Exercise directions
The word "whole" appears in some lines of the entries. Say how many, and give nothing but the number.

(Stored items)
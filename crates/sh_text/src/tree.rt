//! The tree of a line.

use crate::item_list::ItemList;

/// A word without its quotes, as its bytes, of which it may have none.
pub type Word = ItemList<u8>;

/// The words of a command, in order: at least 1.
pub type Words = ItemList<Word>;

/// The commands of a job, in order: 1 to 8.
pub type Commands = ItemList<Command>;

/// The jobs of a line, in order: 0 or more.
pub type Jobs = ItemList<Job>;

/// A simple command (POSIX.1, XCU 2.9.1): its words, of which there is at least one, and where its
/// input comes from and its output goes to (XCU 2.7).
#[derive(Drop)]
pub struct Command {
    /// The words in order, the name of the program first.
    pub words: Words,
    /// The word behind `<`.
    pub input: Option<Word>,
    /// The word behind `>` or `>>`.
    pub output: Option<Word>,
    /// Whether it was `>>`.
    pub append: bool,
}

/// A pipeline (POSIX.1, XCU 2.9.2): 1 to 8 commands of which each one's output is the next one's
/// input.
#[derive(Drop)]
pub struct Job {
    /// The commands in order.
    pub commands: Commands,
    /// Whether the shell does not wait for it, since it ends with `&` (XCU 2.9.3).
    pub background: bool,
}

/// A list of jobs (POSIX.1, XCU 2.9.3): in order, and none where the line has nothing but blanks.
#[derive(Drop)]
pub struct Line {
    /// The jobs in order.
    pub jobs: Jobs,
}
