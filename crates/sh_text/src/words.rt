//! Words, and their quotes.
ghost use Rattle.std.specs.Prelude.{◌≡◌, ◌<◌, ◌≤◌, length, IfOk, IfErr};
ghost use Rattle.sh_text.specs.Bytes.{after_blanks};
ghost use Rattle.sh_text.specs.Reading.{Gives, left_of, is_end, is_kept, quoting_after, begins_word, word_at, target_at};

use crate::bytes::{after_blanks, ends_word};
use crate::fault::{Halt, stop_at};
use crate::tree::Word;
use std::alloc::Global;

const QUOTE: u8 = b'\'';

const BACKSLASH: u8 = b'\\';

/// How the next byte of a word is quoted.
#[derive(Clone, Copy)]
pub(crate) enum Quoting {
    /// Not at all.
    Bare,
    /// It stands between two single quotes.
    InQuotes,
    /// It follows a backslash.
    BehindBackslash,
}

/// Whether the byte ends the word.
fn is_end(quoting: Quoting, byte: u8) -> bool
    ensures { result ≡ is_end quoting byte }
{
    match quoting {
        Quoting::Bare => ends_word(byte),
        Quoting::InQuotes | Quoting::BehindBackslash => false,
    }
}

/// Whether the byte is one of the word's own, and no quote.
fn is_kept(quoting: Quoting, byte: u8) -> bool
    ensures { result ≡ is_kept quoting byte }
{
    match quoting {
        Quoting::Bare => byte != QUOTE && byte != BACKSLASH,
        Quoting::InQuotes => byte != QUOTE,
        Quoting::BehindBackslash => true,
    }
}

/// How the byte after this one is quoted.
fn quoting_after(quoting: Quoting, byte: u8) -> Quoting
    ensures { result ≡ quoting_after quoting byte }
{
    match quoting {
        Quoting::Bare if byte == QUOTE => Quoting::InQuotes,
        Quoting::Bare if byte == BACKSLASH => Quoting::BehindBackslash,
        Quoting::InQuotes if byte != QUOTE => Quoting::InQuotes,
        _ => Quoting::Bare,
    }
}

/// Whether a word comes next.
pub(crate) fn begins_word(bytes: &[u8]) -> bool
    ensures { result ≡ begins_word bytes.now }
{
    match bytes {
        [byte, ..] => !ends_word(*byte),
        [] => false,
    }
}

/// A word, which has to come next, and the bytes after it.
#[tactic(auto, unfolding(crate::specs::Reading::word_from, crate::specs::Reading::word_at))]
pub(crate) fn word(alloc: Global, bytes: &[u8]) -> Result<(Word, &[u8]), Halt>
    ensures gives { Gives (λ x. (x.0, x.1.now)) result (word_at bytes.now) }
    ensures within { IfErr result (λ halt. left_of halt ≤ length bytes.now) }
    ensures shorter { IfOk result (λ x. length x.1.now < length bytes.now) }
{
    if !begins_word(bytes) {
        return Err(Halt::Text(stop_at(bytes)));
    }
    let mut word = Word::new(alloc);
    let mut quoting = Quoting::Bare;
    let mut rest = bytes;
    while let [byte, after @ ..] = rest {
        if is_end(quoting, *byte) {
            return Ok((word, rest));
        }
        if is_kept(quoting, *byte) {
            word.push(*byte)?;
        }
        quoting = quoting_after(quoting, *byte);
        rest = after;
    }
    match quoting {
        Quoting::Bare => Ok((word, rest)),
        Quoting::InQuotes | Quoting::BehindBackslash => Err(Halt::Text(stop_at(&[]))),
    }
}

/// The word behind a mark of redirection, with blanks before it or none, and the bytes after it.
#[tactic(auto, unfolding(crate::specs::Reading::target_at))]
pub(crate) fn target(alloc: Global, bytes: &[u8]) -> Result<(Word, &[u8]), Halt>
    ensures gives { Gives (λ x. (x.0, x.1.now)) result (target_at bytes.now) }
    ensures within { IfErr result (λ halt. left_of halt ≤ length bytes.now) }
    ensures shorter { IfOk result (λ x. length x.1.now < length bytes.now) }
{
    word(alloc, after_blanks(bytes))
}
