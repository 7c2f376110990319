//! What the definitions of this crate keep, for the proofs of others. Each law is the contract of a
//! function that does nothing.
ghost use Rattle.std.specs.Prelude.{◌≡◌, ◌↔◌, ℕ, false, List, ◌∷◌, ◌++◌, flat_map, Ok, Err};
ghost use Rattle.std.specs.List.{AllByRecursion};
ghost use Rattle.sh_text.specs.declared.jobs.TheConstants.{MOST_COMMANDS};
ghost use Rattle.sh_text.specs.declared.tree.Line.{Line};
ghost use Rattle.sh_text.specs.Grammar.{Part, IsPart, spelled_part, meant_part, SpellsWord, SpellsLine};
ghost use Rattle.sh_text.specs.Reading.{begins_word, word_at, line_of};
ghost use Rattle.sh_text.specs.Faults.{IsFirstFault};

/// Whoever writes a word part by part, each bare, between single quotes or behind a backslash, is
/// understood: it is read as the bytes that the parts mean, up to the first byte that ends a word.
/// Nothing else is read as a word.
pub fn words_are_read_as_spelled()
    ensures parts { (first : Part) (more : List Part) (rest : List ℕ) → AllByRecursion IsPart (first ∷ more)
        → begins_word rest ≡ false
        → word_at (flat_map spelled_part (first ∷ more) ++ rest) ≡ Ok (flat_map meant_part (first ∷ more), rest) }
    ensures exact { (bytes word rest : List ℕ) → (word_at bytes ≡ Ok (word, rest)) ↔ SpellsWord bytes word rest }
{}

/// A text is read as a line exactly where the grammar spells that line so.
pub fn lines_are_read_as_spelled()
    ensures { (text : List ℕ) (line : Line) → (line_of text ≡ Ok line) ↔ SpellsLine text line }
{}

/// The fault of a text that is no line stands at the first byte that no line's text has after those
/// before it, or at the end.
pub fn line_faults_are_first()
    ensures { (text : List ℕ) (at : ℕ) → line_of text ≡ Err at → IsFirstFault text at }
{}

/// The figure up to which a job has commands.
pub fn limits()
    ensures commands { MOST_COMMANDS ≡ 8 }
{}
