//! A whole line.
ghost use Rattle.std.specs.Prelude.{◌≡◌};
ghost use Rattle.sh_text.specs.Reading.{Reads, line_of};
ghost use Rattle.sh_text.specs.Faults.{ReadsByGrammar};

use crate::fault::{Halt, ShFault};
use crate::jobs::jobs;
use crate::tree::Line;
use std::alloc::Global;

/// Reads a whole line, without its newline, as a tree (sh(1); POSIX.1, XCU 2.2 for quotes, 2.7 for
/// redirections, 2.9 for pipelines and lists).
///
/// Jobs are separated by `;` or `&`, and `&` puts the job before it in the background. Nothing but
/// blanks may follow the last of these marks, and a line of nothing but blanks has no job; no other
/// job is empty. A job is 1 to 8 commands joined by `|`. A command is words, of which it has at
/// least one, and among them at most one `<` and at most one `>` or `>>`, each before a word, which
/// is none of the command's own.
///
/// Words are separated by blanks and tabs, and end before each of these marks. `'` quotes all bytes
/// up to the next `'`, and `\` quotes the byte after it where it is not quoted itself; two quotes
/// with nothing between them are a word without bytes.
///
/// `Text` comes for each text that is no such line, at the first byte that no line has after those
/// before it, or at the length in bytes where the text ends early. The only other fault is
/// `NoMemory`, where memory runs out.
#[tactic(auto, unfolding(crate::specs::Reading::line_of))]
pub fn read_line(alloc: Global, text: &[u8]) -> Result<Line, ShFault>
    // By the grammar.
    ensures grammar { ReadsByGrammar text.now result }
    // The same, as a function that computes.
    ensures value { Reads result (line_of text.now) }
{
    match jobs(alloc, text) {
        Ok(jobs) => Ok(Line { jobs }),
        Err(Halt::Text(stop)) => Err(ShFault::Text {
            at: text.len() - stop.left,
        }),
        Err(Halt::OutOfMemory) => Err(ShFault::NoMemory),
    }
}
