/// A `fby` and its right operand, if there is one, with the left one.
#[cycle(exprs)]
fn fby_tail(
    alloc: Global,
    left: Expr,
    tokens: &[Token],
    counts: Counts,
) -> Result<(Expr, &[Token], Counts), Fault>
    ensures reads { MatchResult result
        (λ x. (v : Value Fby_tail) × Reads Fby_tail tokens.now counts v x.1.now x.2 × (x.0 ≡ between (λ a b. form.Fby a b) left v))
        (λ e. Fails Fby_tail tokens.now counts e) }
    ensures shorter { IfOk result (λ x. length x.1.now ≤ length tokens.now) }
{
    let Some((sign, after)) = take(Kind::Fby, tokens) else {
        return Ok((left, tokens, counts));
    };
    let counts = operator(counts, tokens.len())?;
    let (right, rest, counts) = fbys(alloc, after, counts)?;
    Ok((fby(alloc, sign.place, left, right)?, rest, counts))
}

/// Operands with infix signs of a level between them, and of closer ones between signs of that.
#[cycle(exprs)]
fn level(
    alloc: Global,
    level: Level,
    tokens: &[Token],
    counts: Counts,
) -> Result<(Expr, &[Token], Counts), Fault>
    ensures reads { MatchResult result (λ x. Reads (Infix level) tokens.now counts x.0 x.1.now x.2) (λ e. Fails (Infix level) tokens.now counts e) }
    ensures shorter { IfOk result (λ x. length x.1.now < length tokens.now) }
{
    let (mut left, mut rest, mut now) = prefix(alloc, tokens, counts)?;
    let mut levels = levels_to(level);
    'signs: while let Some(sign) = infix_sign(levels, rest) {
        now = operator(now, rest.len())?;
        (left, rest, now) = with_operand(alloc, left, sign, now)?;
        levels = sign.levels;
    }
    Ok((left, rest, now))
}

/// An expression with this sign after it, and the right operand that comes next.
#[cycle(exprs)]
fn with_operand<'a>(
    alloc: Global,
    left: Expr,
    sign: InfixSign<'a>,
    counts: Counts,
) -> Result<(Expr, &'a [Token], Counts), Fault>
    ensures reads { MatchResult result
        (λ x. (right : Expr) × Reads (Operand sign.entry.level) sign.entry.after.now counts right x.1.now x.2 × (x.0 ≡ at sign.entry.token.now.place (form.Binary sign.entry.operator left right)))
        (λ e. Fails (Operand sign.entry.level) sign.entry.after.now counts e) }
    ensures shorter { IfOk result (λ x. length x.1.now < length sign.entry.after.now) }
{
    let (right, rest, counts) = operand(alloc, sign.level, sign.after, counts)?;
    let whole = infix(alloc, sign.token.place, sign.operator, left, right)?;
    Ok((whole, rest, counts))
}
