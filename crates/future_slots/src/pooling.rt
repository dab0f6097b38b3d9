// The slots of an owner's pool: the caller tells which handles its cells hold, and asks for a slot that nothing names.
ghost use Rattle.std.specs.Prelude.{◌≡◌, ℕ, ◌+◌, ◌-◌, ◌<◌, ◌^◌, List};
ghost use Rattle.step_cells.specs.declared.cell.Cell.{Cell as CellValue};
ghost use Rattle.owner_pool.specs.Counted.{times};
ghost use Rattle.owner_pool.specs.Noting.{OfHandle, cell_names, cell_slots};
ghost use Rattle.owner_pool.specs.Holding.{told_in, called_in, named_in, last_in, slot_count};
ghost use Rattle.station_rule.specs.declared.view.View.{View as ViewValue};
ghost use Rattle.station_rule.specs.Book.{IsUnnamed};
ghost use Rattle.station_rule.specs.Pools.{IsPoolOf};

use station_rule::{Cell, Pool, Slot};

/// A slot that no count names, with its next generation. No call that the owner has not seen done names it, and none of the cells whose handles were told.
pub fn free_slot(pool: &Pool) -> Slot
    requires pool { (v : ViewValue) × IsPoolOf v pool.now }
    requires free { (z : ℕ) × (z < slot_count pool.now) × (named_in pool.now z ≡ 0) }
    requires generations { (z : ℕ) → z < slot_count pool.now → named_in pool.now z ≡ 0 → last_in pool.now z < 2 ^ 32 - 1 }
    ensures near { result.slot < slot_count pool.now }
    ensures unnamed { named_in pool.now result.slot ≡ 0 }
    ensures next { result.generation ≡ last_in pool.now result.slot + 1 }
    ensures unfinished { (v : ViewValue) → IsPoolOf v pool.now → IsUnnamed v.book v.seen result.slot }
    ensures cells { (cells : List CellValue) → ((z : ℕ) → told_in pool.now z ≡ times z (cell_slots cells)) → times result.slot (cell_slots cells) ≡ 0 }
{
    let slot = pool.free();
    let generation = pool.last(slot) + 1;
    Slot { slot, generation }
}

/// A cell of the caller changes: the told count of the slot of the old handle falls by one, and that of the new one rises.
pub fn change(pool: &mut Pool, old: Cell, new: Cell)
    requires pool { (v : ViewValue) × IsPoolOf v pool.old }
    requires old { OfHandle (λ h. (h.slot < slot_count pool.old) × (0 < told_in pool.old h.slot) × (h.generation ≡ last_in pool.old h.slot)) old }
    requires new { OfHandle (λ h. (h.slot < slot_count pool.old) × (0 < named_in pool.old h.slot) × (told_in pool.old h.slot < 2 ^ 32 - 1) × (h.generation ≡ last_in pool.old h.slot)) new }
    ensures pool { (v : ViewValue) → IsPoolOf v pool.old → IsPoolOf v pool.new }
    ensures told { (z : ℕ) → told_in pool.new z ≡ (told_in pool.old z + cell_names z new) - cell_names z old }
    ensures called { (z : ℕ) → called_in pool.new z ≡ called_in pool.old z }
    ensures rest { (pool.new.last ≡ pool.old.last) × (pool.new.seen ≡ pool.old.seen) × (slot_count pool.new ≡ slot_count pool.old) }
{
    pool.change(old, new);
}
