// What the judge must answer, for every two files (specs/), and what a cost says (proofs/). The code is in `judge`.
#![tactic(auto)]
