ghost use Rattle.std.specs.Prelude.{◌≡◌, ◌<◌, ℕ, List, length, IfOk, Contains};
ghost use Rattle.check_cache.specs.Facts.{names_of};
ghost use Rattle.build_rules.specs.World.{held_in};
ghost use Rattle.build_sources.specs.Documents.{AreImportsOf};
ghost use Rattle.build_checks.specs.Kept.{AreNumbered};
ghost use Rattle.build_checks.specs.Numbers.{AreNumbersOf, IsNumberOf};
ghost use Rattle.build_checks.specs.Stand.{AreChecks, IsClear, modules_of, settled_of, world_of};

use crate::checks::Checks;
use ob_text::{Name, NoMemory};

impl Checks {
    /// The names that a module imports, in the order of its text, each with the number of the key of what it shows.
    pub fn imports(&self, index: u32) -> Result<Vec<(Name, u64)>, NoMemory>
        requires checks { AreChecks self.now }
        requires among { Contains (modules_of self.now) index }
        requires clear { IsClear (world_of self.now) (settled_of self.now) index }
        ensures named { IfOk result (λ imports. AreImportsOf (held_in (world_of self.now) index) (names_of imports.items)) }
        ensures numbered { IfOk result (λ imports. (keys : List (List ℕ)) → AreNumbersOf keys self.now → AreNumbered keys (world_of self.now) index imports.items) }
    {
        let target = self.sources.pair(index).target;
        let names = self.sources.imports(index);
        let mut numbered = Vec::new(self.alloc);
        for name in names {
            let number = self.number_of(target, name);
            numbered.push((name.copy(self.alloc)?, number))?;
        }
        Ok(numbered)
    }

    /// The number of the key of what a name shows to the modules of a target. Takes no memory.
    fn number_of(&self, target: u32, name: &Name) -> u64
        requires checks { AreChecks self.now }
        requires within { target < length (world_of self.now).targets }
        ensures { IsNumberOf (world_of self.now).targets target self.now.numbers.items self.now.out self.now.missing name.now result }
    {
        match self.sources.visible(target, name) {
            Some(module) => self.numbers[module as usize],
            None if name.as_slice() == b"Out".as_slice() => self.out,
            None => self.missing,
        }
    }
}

Reply to the exercise
4